This paper describes a methodology to improve facies model robustness, by a systematic integration of well data ("hard" data) and outcrop analog studies ("smooth" data), both implemented as conditioning data in alternative numerical methods. The methodology presented is illustrated by a case study of a fluvial reservoir analog in the Triassic of the Lodeve basin (France).
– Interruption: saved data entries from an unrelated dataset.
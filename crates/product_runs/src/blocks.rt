//! Sessions with blocks of actors, run many times over disks in memory, and each history judged.
//!
//! Actors come in another order in each run, so a history is not compared but judged (`fc_judge`). The session `together` is run 20
//! times over flat disks, and a generated session of 40 blocks of 16 actors with every role 25 times over disks of which some
//! calls fail and 25 times over thin disks with armed faults. It is printed how many of each were right, how many ended for want
//! of memory, if any did, and what the first wrong one says. `bench/together.sh` has `together` alone run as often as it asks.
//!
//! In reading order: `together` (the session), `generated` (the session of 40 blocks), `tally` (what came of some runs), `runs`, and
//! this file.

mod generated;
mod runs;
mod tally;
mod together;

use crate::blocks::generated::generated;
use crate::blocks::runs::{run_failing, run_sound, run_thin};
use crate::blocks::tally::Tally;
use crate::blocks::together::TOGETHER;
use std::alloc::Global;
use std::io;
use std::sync::Wait;
use std::thread::Threads;

/// How often `together` is run.
const RUNS: u32 = 20;

/// How often the generated session is run over each kind of disks.
const GENERATED_RUNS: u32 = 25;

/// The number of the generated session.
const NUMBER: u64 = 7;

/// Prints what came of some runs of a session.
fn print_tally<R: Print>(rt: &R, session: &str, tally: &Tally) -> io::Result<()> {
    let faults = if tally.has_faults() {
        ", with disk faults"
    } else {
        ""
    };
    println!(rt;
        "{session}: {} runs, {} right{faults}",
        tally.runs(),
        tally.right()
    )?;
    if tally.cut_short() > 0 {
        println!(rt; "{} ended for want of memory", tally.cut_short())?;
    }
    match tally.first_wrong() {
        Some(wrong) => println!(rt; "{wrong}"),
        None => Ok(()),
    }
}

/// Runs all sessions, and prints what came of them.
pub fn run_blocks<R: Threads + Wait + Sync + Print>(rt: &R, alloc: Global) -> io::Result<()> {
    let tally = run_sound(rt, alloc, TOGETHER, RUNS)?;
    print_tally(rt, "together", &tally)?;
    let session = generated(alloc, NUMBER, false)?;
    let tally = run_failing(rt, alloc, session.as_bytes(), GENERATED_RUNS)?;
    print_tally(rt, "40 blocks over failing disks", &tally)?;
    let session = generated(alloc, NUMBER, true)?;
    let tally = run_thin(rt, alloc, session.as_bytes(), GENERATED_RUNS)?;
    print_tally(rt, "40 blocks over thin disks", &tally)
}

/// Runs the session `together` so often, and prints what came of it, and how many different histories there were.
pub fn run_together<R: Threads + Wait + Sync + Print>(
    rt: &R,
    alloc: Global,
    runs: u32,
) -> io::Result<()> {
    let tally = run_sound(rt, alloc, TOGETHER, runs)?;
    print_tally(rt, "together", &tally)?;
    println!(rt; "{} different histories", tally.orders())
}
On this example, most of reservoir grids are populated by kriging-based stochastic algorithms, supported by geostatistical tools controlling lateral continuity, vertical organization, or simple facies organization. If these tools are sufficient to handle simple environments with smooth facies transitions, all are deeply affected by sampling, giving a skewed representation of sedimentological model and consequently, a skewed numerical model. Moreover, these statistics-based methods are generally inefficient to represent complex fluvial systems. If well data and geostatistical tools are necessary to elaborate a robust conceptual model, a secondary constrain must be used in parallel to better handle characteristics of depositional system.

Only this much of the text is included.